Она выливала перемешанные с молоком яйца на скворчащую сковородку, приподнимала вилкой схватившиеся куски. Отец Антоний слушал ее очень внимательно.
– Отец Антоний, все острее я ощущаю внутренний разлад. Вот уже почти четыре месяца я хожу в церковь, исповедуюсь и причащаюсь, молюсь, читаю Евангелие – в общем, делаю то, чего никогда прежде не делала, и все это доставляет мне огромную духовную радость, – яичница готова, она заваривает себе чай и делает бутерброд с сыром.

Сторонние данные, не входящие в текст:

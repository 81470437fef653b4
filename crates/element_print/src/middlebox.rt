//! The text of a whole middlebox.
ghost use Rattle.std.specs.Prelude.{◌≡◌, ◌≤◌, List, length, IsTrue, IfOk};
ghost use Rattle.element_lang.specs.Accepted.{HasNames, IsSource, deepest};
ghost use Rattle.element_lang.specs.Rules.{is_good};
ghost use Rattle.element_lang.specs.Surface.{named};
ghost use Rattle.element_lang.specs.Token.{Token};
ghost use Rattle.element_lang.specs.View.{tree};
ghost use Rattle.element_print.specs.Lengths.{text_length};
ghost use Rattle.element_print.specs.Printed.{text_of, print_tokens};
ghost use Rattle.element_print.specs.ReadsBack.{HasExactly, IsSpelled, IsWithinSizes};

use crate::decl::put_decls;
use crate::lengths::text_length;
use crate::stmt::put_body;
use crate::tokens::Tokens;
use element_lang::{MAX_DEPTH, Mark, Middlebox};
use gal_io::{NoMemory, Text};
use std::alloc::Global;

// The same, of any tree. The room for the whole text is taken before any of it is written.
pub(crate) fn written(alloc: Global, m: &Middlebox) -> Result<Text, NoMemory>
    ensures { IfOk result (λ text. text ≡ text_of (print_tokens (named (tree m.now)))) }
{
    let mut out = Tokens::with_capacity(alloc, text_length(alloc, m)?)?;
    put_decls(m.objects.as_slice(), &mut out)?;
    out.mark(Mark::Process)?;
    out.mark(Mark::LeftBrace)?;
    put_body(m, &m.body, &mut out)?;
    let text = out.end(Mark::RightBrace)?;
    Ok(text)
}

/// The text of a middlebox: its tokens with one space between two of them, and an LF at the end. No spelling of it has
/// fewer tokens, and it has as many bytes as `text_length` counts. Where the middlebox and the open brackets of the text
/// keep the sizes of sources, it is a source of this middlebox.
pub fn print(alloc: Global, m: &Middlebox) -> Result<Text, NoMemory>
    requires good { IsTrue (is_good (tree m.now)) }
    requires names { HasNames (tree m.now) }
    ensures text { IfOk result (λ text. text ≡ text_of (print_tokens (named (tree m.now)))) }
    ensures length { IfOk result (λ text. length text ≡ text_length (tree m.now)) }
    ensures tokens { IfOk result (λ text. HasExactly text (print_tokens (named (tree m.now)))) }
    ensures spells { IsSpelled (print_tokens (named (tree m.now))) (tree m.now) }
    ensures source { IsWithinSizes (tree m.now) → IfOk result (λ text. IsSource text (tree m.now)) }
    ensures shortest { (others : List Token) → IsSpelled others (tree m.now)
        → length (print_tokens (named (tree m.now))) ≤ length others }
{
    written(alloc, m)
}
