//! The tokens of a source, and how many of its brackets are open at once.
#![tactic(auto)]

mod brackets;
mod lexeme;
mod number;
mod scan;
mod token;
mod tokenizer;

pub use brackets::depth;
pub use lexer::{Span, TokenError};
pub use token::{Placed, Token};
pub use tokenizer::tokens;
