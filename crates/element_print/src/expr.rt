//! The tokens of expressions.
ghost use Rattle.std.specs.Prelude.{◌≡◌, ◌++◌, ◌∷◌, OnOk};
ghost use Rattle.element_lang.specs.Surface.{apply, shift, named_expr, named_exprs, local_name};
ghost use Rattle.element_lang.specs.Token.{fixed};
ghost use Rattle.element_lang.specs.View.{tree, expr_tree, expr_trees};
ghost use Rattle.element_print.specs.Printed.{expr_tokens, parts, in_brackets, exprs_tokens, part};
ghost use Rattle.element_print.specs.Printed as printed;
ghost use Rattle.element_print.specs.Spaced.{spaced, separated};

use crate::place::{Place, mark_of, needs_brackets};
use crate::tokens::Tokens;
use element_lang::{Expr, Mark, Middlebox};
use gal_bits::{Op, Width};
use gal_io::NoMemory;

/// The name of a local, or no bytes where it isn't declared.
pub(crate) fn local_name(m: &Middlebox, x: u32) -> &[u8]
    ensures { result.now ≡ local_name (tree m.now) x }
{
    match m.locals.as_slice().get(x as usize) {
        Some(local) => local.name.as_slice(),
        None => b"",
    }
}

// Adds an expression, in brackets where it needs them.
#[cycle(expr)]
#[tactic(auto, using(crate::proofs::Spaces::bracketed))]
fn put_part(m: &Middlebox, place: Place, e: &Expr, out: &mut Tokens) -> Result<(), NoMemory>
    ensures { OnOk result (out.new ≡ out.old ++ spaced (part place (named_expr (tree m.now) (expr_tree e.now)))) }
{
    let brackets = needs_brackets(place, e);
    out.mark_if(brackets, Mark::LeftParen)?;
    put_expr(m, e, out)?;
    out.mark_if(brackets, Mark::RightParen)?;
    Ok(())
}

// Adds expressions, with a mark between two of them, and one before the first where that is asked for.
#[cycle(expr)]
#[tactic(auto, using(crate::proofs::Spaces::spaces, crate::proofs::Spaces::listed_more, std::proofs::lemmas::Grind::common_steps))]
fn put_listed(
    m: &Middlebox,
    place: Place,
    mark: Mark,
    before: bool,
    all: &[Expr],
    out: &mut Tokens,
) -> Result<(), NoMemory>
    ensures { OnOk result (out.new
        ≡ out.old ++ spaced (separated before mark (parts place (named_exprs (tree m.now) (expr_trees all.now))))) }
{
    let mut behind = before;
    for e in all {
        out.mark_if(behind, mark)?;
        put_part(m, place, e, out)?;
        behind = true;
    }
    Ok(())
}

#[cycle(expr)]
#[tactic(auto, using(crate::proofs::Spaces::spaces))]
fn put_byte(m: &Middlebox, index: &Expr, out: &mut Tokens) -> Result<(), NoMemory>
    ensures { OnOk result (out.new
        ≡ out.old ++ spaced (fixed Mark.Byte
        ∷ in_brackets (expr_tokens (named_expr (tree m.now) (expr_tree index.now))))) }
{
    out.mark(Mark::Byte)?;
    out.mark(Mark::LeftParen)?;
    put_expr(m, index, out)?;
    out.mark(Mark::RightParen)?;
    Ok(())
}

#[cycle(expr)]
#[tactic(auto, using(crate::proofs::Spaces::spaces))]
fn put_shift(m: &Middlebox, op: Op, by: u8, arg: &Expr, out: &mut Tokens) -> Result<(), NoMemory>
    ensures { OnOk result (out.new
        ≡ out.old ++ spaced (expr_tokens (shift op by (named_expr (tree m.now) (expr_tree arg.now))))) }
{
    put_part(m, Place::Operand, arg, out)?;
    out.mark(mark_of(op))?;
    out.number(u64::from(by))?;
    Ok(())
}

// Adds a keyword and its arguments.
#[cycle(expr)]
#[tactic(auto, using(crate::proofs::Spaces::spaces))]
fn put_call(m: &Middlebox, mark: Mark, args: &[Expr], out: &mut Tokens) -> Result<(), NoMemory>
    ensures { OnOk result (out.new
        ≡ out.old ++ spaced (fixed mark
        ∷ in_brackets (exprs_tokens (named_exprs (tree m.now) (expr_trees args.now))))) }
{
    out.mark(mark)?;
    out.mark(Mark::LeftParen)?;
    put_listed(m, Place::Whole, Mark::Comma, false, args, out)?;
    out.mark(Mark::RightParen)?;
    Ok(())
}

#[cycle(expr)]
#[tactic(auto, using(crate::proofs::Spaces::spaces))]
fn put_cast(m: &Middlebox, width: Width, args: &[Expr], out: &mut Tokens) -> Result<(), NoMemory>
    ensures { OnOk result (out.new
        ≡ out.old ++ spaced (expr_tokens (apply Op.Cast width (named_exprs (tree m.now) (expr_trees args.now))))) }
{
    out.mark(Mark::Cast)?;
    out.mark(Mark::LeftParen)?;
    out.number(u64::from(width.bits()))?;
    put_listed(m, Place::Whole, Mark::Comma, true, args, out)?;
    out.mark(Mark::RightParen)?;
    Ok(())
}

#[cycle(expr)]
#[tactic(auto, using(crate::proofs::Spaces::spaces))]
fn put_not(m: &Middlebox, args: &[Expr], out: &mut Tokens) -> Result<(), NoMemory>
    ensures { OnOk result (out.new
        ≡ out.old ++ spaced (expr_tokens (apply Op.Not 0 (named_exprs (tree m.now) (expr_trees args.now))))) }
{
    out.mark(Mark::Tilde)?;
    put_listed(m, Place::Turned, Mark::Comma, false, args, out)?;
    Ok(())
}

/// Adds an expression.
#[cycle(expr)]
pub(crate) fn put_expr(m: &Middlebox, e: &Expr, out: &mut Tokens) -> Result<(), NoMemory>
    ensures { OnOk result (out.new ≡ out.old ++ spaced (expr_tokens (named_expr (tree m.now) (expr_tree e.now)))) }
{
    match e {
        Expr::Lit(value, width) => out.literal(*value, u64::from(width.bits())),
        Expr::Local(x) => out.name(local_name(m, *x)),
        Expr::Field(field) => out.field(*field),
        Expr::Byte(index) => put_byte(m, index, out),
        Expr::Shift { op, by, arg } => put_shift(m, *op, *by, arg, out),
        Expr::Apply { op, width, args } => match op {
            Op::Not => put_not(m, args, out),
            Op::Cast => put_cast(m, *width, args, out),
            Op::Select => put_call(m, Mark::Select, args, out),
            Op::Adjust => put_call(m, Mark::Adjust, args, out),
            _ => put_listed(m, Place::Operand, mark_of(*op), false, args, out),
        },
    }
}

/// Adds expressions, with commas between them.
pub(crate) fn put_exprs(m: &Middlebox, all: &[Expr], out: &mut Tokens) -> Result<(), NoMemory>
    ensures { OnOk result (out.new ≡ out.old ++ spaced (exprs_tokens (named_exprs (tree m.now) (expr_trees all.now)))) }
{
    put_listed(m, Place::Whole, Mark::Comma, false, all, out)
}
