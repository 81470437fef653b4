//! How many brackets are open at once.
ghost use Rattle.std.specs.Prelude.{◌≡◌, ◌<◌};
ghost use Rattle.element_lang.specs.Accepted.{open_after, deepest};
ghost use Rattle.element_tokens.specs.Tokens.{token_of, tokens_of};

use crate::token::{Placed, Token};
use element_lang::Mark;

// How many brackets are open behind a token, where so many were open before it.
fn open_behind(text: &[u8], token: Token, before: usize) -> usize
    requires { before < usize.MAX }
    ensures { result ≡ open_after (token_of text.now token) before }
{
    match token {
        Token::Fixed(Mark::LeftParen | Mark::LeftBracket | Mark::LeftBrace) => before + 1,
        Token::Fixed(Mark::RightParen | Mark::RightBracket | Mark::RightBrace) => {
            before.saturating_sub(1)
        }
        _ => before,
    }
}

/// The most brackets, of any kind, that are open at once.
pub fn depth(text: &[u8], tokens: &[Placed]) -> usize
    ensures { result ≡ deepest 0 (tokens_of text.now tokens.now) }
{
    let mut current = 0;
    let mut most: usize = 0;
    for placed in tokens {
        current = open_behind(text, placed.token, current);
        most = most.max(current);
    }
    most
}
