//! The tokens of a source.
ghost use Rattle.std.specs.Prelude.{◌≡◌, ℕ, List, map, IfOk, IfErr};
ghost use Rattle.lexer.specs.TokenError.{IsTokenError};
ghost use Rattle.element_lang.specs.Token as lang;
ghost use Rattle.element_tokens.specs.Tokens.{placed_of};

use crate::token::Placed;
use lexer::TokenError;
use std::alloc::Global;

/// The tokens of a text, or the first place where none starts.
pub fn tokens(alloc: Global, text: &[u8]) -> Result<Vec<Placed>, TokenError>
    ensures ok { IfOk result (λ found.
        lang.AreTokens text.now (map (placed_of text.now) found.items)) }
    ensures only { IfOk result (λ found. (others : List lang.Placed)
        → lang.AreTokens text.now others → others ≡ map (placed_of text.now) found.items) }
    ensures whole { IfOk result (λ _. (offset : ℕ) → lang.IsNoToken text.now offset → ⊥) }
    ensures err { IfErr result (λ e. IsTokenError lang.lexeme text.now e) }
{
    lexer::tokens(alloc, text)
}
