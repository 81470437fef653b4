//! The bytes of a source over which a word goes on.
ghost use Rattle.std.specs.Prelude.{◌≡◌};
ghost use Rattle.std.specs.List.{prefix_len};
ghost use Rattle.element_lang.specs.Token as lang;

use lexer::is_number_byte;

#[inline]
fn is_word_byte(byte: u8) -> bool
    ensures { result ≡ lang.is_word_byte byte }
{
    is_number_byte(byte) || byte == b'.'
}

// How many bytes the word in front has.
pub(crate) fn word_len(text: &[u8]) -> usize
    ensures { result ≡ prefix_len lang.is_word_byte text.now }
{
    text.iter().take_while(|byte| is_word_byte(**byte)).count()
}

Отец Антоний смотрит на нее сочувственно, улыбается своей ласковой, немного печальной улыбкой.
– Отец Антоний, несмотря на это, я так часто выхожу из храма с чувством огромного облегчения. Стягиваю с головы платок, складываю его в сумку. Понимаете, мне это страшно нравится – снять, запихнуть его подальше, тряхнуть головой: все! На улице стало еще теплее, сугробы чернеют и оседают прямо на глазах. Громыхая, подходит трамвай, я сажусь около окошка и незаметно нюхаю воздух – из оконных щелей тянет сыростью и скорой весной.
Она накалывает на вилку гладкие яичные куски, отхлебывает чай, не замечая, что жует, не слыша как мурлыкает радио, как звенит на улице троллейбус.